- **TASK PROMPT**
Copy all lines containing the string "that" from the records below.

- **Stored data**
━━━━━━━━━━━━━━━━━━━━

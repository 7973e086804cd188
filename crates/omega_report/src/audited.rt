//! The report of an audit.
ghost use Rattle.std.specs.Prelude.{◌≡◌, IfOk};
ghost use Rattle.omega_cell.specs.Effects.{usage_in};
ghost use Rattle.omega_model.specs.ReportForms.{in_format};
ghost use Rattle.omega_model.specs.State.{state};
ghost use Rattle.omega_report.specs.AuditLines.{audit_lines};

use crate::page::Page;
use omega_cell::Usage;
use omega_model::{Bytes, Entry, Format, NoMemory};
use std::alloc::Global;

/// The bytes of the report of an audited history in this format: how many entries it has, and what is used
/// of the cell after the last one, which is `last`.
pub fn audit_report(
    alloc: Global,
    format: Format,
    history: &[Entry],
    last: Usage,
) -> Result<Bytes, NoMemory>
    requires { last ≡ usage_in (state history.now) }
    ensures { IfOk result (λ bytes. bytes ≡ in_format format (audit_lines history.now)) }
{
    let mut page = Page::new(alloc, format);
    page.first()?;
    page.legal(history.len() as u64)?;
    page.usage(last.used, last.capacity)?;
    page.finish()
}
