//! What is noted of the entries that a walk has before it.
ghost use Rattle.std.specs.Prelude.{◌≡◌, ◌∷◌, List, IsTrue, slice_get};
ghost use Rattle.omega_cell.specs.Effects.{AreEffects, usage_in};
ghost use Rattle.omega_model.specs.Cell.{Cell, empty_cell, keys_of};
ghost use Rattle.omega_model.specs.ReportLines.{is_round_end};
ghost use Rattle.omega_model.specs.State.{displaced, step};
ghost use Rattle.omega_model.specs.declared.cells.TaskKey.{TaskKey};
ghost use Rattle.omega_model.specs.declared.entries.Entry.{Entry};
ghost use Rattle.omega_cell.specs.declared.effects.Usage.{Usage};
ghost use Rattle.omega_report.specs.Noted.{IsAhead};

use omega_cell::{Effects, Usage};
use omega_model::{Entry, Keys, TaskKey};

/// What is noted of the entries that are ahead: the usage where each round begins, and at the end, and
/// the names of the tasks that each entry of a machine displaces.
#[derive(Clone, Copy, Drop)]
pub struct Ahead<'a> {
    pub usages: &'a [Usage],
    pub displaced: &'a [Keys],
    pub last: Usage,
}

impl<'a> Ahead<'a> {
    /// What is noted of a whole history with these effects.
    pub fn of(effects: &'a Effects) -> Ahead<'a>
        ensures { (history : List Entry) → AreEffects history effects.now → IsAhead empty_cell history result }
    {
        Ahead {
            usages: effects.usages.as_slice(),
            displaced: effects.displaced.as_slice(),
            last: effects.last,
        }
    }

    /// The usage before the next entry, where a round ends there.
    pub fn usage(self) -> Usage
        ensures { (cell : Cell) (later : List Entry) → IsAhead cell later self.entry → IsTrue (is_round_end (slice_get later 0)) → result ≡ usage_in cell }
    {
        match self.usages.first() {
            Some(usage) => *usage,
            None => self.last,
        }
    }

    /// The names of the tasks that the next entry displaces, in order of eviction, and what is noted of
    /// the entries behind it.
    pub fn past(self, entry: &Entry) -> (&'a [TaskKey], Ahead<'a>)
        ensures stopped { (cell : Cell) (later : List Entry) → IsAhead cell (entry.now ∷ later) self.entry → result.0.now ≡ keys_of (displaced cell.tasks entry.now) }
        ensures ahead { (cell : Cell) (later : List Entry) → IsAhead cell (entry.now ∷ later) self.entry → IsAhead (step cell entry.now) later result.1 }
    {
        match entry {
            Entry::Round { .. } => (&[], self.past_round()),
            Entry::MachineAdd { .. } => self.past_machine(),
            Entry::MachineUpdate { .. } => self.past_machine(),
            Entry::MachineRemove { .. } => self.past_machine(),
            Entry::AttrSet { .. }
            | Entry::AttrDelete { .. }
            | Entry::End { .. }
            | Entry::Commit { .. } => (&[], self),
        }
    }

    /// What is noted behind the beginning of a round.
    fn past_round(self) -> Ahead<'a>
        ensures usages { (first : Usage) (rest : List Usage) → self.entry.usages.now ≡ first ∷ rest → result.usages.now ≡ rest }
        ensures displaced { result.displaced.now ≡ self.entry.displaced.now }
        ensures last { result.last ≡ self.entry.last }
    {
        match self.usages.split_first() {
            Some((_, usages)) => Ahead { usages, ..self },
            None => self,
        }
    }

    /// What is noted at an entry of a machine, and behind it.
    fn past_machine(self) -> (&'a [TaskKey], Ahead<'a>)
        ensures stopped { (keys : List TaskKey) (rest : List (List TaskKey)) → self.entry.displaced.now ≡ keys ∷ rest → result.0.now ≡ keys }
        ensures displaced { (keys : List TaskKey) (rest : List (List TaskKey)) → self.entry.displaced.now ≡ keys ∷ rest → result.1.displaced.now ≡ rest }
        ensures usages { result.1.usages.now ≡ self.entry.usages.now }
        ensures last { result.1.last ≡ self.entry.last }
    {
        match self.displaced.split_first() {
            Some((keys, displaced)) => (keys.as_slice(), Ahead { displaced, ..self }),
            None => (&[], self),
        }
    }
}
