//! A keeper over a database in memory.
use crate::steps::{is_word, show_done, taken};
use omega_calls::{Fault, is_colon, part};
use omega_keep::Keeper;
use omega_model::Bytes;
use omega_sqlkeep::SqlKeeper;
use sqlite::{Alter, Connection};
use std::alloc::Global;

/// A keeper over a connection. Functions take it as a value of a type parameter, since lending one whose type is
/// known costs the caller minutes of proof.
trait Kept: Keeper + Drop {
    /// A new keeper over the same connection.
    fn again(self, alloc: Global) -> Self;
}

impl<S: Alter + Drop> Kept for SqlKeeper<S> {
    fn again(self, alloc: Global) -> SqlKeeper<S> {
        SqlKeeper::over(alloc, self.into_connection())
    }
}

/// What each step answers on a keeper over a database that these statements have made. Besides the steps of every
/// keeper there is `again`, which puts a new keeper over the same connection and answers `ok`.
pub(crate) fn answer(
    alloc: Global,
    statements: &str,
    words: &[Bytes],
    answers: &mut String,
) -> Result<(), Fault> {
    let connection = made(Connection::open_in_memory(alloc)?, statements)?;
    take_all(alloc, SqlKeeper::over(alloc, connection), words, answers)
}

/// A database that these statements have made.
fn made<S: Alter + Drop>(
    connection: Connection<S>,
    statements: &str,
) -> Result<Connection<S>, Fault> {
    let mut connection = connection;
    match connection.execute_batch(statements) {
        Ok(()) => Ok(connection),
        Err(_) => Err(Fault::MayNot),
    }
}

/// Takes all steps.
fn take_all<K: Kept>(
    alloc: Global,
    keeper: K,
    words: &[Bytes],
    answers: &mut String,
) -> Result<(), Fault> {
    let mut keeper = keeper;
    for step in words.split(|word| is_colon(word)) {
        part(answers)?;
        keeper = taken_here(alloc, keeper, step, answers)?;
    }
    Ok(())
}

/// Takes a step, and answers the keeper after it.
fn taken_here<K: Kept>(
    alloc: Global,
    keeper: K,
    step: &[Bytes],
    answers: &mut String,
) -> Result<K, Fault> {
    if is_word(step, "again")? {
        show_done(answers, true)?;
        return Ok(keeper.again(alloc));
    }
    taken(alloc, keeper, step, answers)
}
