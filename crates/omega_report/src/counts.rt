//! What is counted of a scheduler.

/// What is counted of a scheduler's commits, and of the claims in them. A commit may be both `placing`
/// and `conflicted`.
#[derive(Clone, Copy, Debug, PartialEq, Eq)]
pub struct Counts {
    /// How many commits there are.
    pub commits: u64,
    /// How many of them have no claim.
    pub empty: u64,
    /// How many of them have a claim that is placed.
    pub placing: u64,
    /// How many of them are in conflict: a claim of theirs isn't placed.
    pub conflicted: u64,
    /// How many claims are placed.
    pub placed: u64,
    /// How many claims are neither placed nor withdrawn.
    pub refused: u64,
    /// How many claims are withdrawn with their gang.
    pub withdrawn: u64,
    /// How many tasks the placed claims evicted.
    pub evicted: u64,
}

━━━━━━━━━━━━━━━━━━━━

- **RESPONSE AREA**
//! What is noted of the entries that a walk has before it.
/// What is noted of the entries that are ahead: the usage where each round begins, and at the end, and
/// the names of the tasks that each entry of a machine displaces.
    /// The names of the tasks that the next entry displaces, in order of eviction, and what is noted of
/// What each step answers on a keeper over a database that these statements have made. Besides the steps of every
/// A database that these statements have made.
    /// How many of them have a claim that is placed.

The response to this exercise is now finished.